El paisaje se va alejando como una paloma.


YO Y LA LUNA

La carreta helada y un árbol deshojado entristecieron al mar.
La lluvia cae en la arena y la luna da su reflejo.





EL ÁNGEL

Una estrella brilla en las alturas.
Dice un ángel: "ya es hora de dormir", y va y apaga la estrella.
Y todo oscuro duerme en Belén.




EL MUNDO

El pequeño mundo que va rodando, siempre pone la misma luz.
La misma función hace todos los días a la misma hora.
La vida es siempre un agujero que da la vuelta.




El ÁRBOL

El amor es una hoja de un árbol.
Cuando la hoja se cae del árbol
es cuando se separa el amor del corazón.



ATRISTECE

Un cortijo me atristeció.
El olivar se aleja de la memoria como si fuera a morir.


LA POESÍA

Todo el mundo es poeta:
los jóvenes, viejos y mancos, etc.

Unos más, unos menos;
pero la vida es diferente.

Cuando se muere un poeta,
nace otro.






NIEBLA

La niebla tapa los barcos.
Una nube gris ha hecho llover.
Un barco, al alejarse con su humo escribe palabras en el cielo. 



LA ESPERANZA

La esperanza es un pasado dulce que suavemente atraviesa el sueño.


UN LUNAR

Un lunar tiene mamá como un granito de arena que cae del reloj.
Parece una perla redonda en el cuello y que fuera a vivir con ella siempre.




SUS PLUMAS

Mi pájaro amarillo abrió sus plumas.
Y mirando por la reja de la tristeza empezó a cantar.











LA MURALLA

Consiguieron alcanzar la suavidad.
Pero la suavidad es inútil para lograr el amor.
Porque una muralla los separa.



RAMA EN UN ÁRBOL

Hubo una rama en un árbol, no como las demás.
Una rama que nada más servía para la alegría de los rayos del sol.


PLUMAS

Caen las plumas de un nido vacío,
y por el aire se creen que vuelan.



SONRISA DE MAMÁ

Cuando mamá sonríe
abre y cierra los labios
como un tulipán rojo.



EN UN DÍA NUBLADO

En un día nublado me gusta mirar la vida con su color de fuego.



LLUVIA

Un suspiro profundo
es un pájaro que vuela para taparte la lluvia.



JORGE GUILLÉN

En mi pensamiento está Jorge.
Una campana llevo para decirle adiós.



PALOMA

La paloma va por los caminos que da Dios para ir al cielo.



SOMBRA

Un alguien, enfrente de Dios, no puede ver su sombra.
Pero Dios, enfrente de alguien, sí puede ver la sombra de sus recuerdos.








FAROLA

De noche es todo triste. La Farola no tiene amparo.
Quiere dejar de alumbrar.
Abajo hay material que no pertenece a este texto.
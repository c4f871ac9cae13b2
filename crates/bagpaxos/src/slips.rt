//! Arguments of which clap takes a part for an option that no command has.

use crate::dashes::dashed_option;
use crate::number_words::{NUMBERS, NumberWords};
use crate::other_options::instead_of;
use crate::usage::{Usage, is_any_option};
use code_words::push_place_words;
use std::alloc::{AllocError, Global};

/// What clap says of an argument that it doesn't know, before that argument.
const UNKNOWN: &str = "error: unexpected argument '";

/// What it says where the list of codes is asked for as if that were a command.
const CODES: &str = "error: unrecognized subcommand 'codes'";

/// What it writes before it says how such an argument can be a value.
const BEFORE_TIP: &str = "\n\n  tip: to pass '";

/// How it says of an object's version that it is no number.
const VERSION: &str = "[V]";

/// What is said in place of what clap says, if these words have a negative number after an option
/// that takes a number, or an option with one hyphen or another dash, or one that another command
/// has, or a name that begins with a hyphen.
pub(crate) fn slip_text(
    alloc: Global,
    said: &str,
    words: &[String],
    usage: Option<&Usage>,
) -> Result<Option<String>, AllocError> {
    if said.starts_with(CODES) {
        return Ok(Some(format!(in alloc; "{CODES}\n\n  tip: write bagpaxos help codes")?));
    }
    let Some(rest) = said.strip_prefix(UNKNOWN) else {
        return Ok(None);
    };
    if let Some((number, value)) = negative_in(words) {
        return Ok(Some(negative_text(alloc, value, number)?));
    }
    let Some((argument, _)) = rest.split_once('\'') else {
        return Ok(None);
    };
    match usage {
        Some(usage) => unknown_text(alloc, said, argument, words, usage),
        None => Ok(None),
    }
}

// What is said of an argument that this command doesn't know.
fn unknown_text(
    alloc: Global,
    said: &str,
    argument: &str,
    words: &[String],
    usage: &Usage,
) -> Result<Option<String>, AllocError> {
    if let Some(option) = argument.strip_prefix("--") {
        return long_text(alloc, said, option, usage);
    }
    if argument.starts_with('-') {
        let word = word_of(words, argument);
        return Ok(Some(short_text(alloc, said, word, words, usage)?));
    }
    match meant_before(words, argument, usage) {
        Some(option) => Ok(Some(with_tip(alloc, argument, option)?)),
        None => Ok(None),
    }
}

// Of an option with two hyphens: what this command has in its place; and no tip that it may be
// a value, where another command has it.
fn long_text(
    alloc: Global,
    said: &str,
    option: &str,
    usage: &Usage,
) -> Result<Option<String>, AllocError> {
    let written = format!(in alloc; "--{option}")?;
    if let Some(words) = instead_of(usage.command, written.as_str()) {
        return Ok(Some(format!(in alloc; "{UNKNOWN}--{option}' found\n\n  tip: {words}")?));
    }
    if !is_any_option(option) {
        return Ok(None);
    }
    match said.split_once(BEFORE_TIP) {
        Some((before, _)) => Ok(Some(String::from_str(alloc, before)?)),
        None => Ok(None),
    }
}

// Of a word with one hyphen: the option that was meant, or the name, or the number.
fn short_text(
    alloc: Global,
    said: &str,
    word: &str,
    words: &[String],
    usage: &Usage,
) -> Result<String, AllocError> {
    if let Some(option) = short_option(word, usage) {
        return with_tip(alloc, word, option);
    }
    if usage.command == "members" && words.iter().any(|it| it.as_str() == "--new") {
        let mut text = String::from_str(alloc, "error: ")?;
        push_place_words(&mut text, word.as_bytes())?;
        return Ok(text);
    }
    if usage.command == "send" && is_negative(word) && is_version(words, word, usage) {
        return version_text(alloc, word);
    }
    if said.split_once(BEFORE_TIP).is_none() {
        return format!(in alloc; "{UNKNOWN}{word}' found");
    }
    if usage.command == "send" {
        return format!(in alloc;
            "{UNKNOWN}{word}' found{BEFORE_TIP}{word}' as a value, use '-- {word}'"
        );
    }
    format!(in alloc; "{UNKNOWN}{word}' found\n\n  tip: for this name write ./{word}")
}

fn with_tip(alloc: Global, word: &str, option: &str) -> Result<String, AllocError> {
    format!(in alloc; "{UNKNOWN}{word}' found\n\n  tip: write --{option}")
}

fn negative_text(alloc: Global, value: &str, number: &NumberWords) -> Result<String, AllocError> {
    let after = number.after;
    let range = number.words;
    format!(in alloc; "error: invalid value '{value}{after}{range}")
}

// What is said of a version that is a negative number.
fn version_text(alloc: Global, value: &str) -> Result<String, AllocError> {
    for number in NUMBERS.iter() {
        if number.after.contains(VERSION) {
            return negative_text(alloc, value, number);
        }
    }
    format!(in alloc; "{UNKNOWN}{value}' found")
}

// The first negative number that stands after an option of a number.
fn negative_in(words: &[String]) -> Option<(&'static NumberWords, &str)> {
    let mut before = "";
    for word in words {
        let word = word.as_str();
        if is_negative(word) {
            if let Some(number) = number_of(before) {
                return Some((number, word));
            }
        }
        before = word;
    }
    None
}

fn is_negative(word: &str) -> bool {
    match word.strip_prefix('-') {
        Some(digits) => !digits.is_empty() && digits.bytes().all(|byte| byte.is_ascii_digit()),
        None => false,
    }
}

// The numbers that this option takes, if it takes some.
fn number_of(option: &str) -> Option<&'static NumberWords> {
    for number in NUMBERS.iter() {
        let form = number.after.strip_prefix("' for '").unwrap_or("");
        if form.split_once(' ').map_or("", |(name, _)| name) == option {
            return Some(number);
        }
    }
    None
}

// The word of which clap names the beginning.
fn word_of<'a>(words: &'a [String], beginning: &'a str) -> &'a str {
    for word in words {
        let word = word.as_str();
        if word.starts_with(beginning) {
            return word;
        }
    }
    beginning
}

// The name of the command's option that this word is, but for a hyphen; its value may follow. Of a
// letter alone it is the one option that begins with it.
fn short_option<'a>(word: &'a str, usage: &Usage) -> Option<&'a str> {
    let option = word.strip_prefix('-')?;
    let name = option.split_once('=').map_or(option, |(name, _)| name);
    if usage.has_option(name) {
        Some(name)
    } else {
        usage.option_of_letter(name)
    }
}

// The option that was meant by the word before this argument, which has no hyphens; or by one with
// another dash.
fn meant_before<'a>(words: &'a [String], argument: &str, usage: &Usage) -> Option<&'a str> {
    let mut before = "";
    for word in words {
        let word = word.as_str();
        if let Some(option) = dashed_option(usage, word) {
            return Some(option);
        }
        if word == argument {
            return if usage.has_option(before) {
                Some(before)
            } else {
                None
            };
        }
        before = word;
    }
    None
}

// Whether this word is the second that is neither an option nor its value: the version, which
// comes after the object. The first of all is the program's name, and then comes the command.
fn is_version(words: &[String], version: &str, usage: &Usage) -> bool {
    let mut values = 0usize;
    let mut is_value = false;
    for word in words {
        let word = word.as_str();
        if is_value {
            is_value = false;
        } else if word == version {
            return values == 3;
        } else if let Some(option) = word.strip_prefix("--") {
            is_value = usage.takes_value(option);
        } else {
            values = values.saturating_add(1);
        }
    }
    false
}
Su cristal no brilla.
Yo le traigo gaviotas para que alumbre y no esté sola.




VICENTE ALEIXANDRE
                                  
Un pájaro vuela de mis manos,
y al mismo tiempo ha pasado un ángel.


FUENTE

Hay una fuente
llena de días
que sólo sirven
para el recuerdo.

           

CIUDAD

Hay que levantar la ciudad
para que pase por debajo el camino del sueño.



LLAMA DE FUEGO

Una llama es mi amigo cuando sonríe.
Como candela que se enciende en la oscuridad.



HILOS

Todo nace en primavera.
Y las arañas se despiertan sobre sus hilos.


 COSAS NUEVAS

Viene el viento a acariciar un monte
y le habla de las cosas nuevas que pasan por ahí.





ROSAS

Las rosas se abren por la mañana
y cantan como los gallos.





MARZO

Lirios, lirios, lirios, lirios.
Marzo se extiende.



MARGARITAS

Sí. No.
Si. Do.
Re. Mi.

PASEO

Van las monjitas
de dos en dos,
de dos en dos,
de dos en Dios.


PERDERSE

Me he perdido en el fuego,
y no encuentro la salida de una llama.





COJÍN

Me echo en un cojín
y contemplo las rosas hasta que se duermen.






NEGOCIO

Mi negocio es agacharme
y coger una flor
y ponerla en un jarro
y echarle agua.

No sé hacer otra cosa.


LILAS

No las traigo para olerlas,
sino para consolarte.



ARO

Por un aro entra mi cuerpo
y creo que sale otra persona.



TIJERAS

Con unas tijeras corto la noche
y suena el ruido que lleva dentro.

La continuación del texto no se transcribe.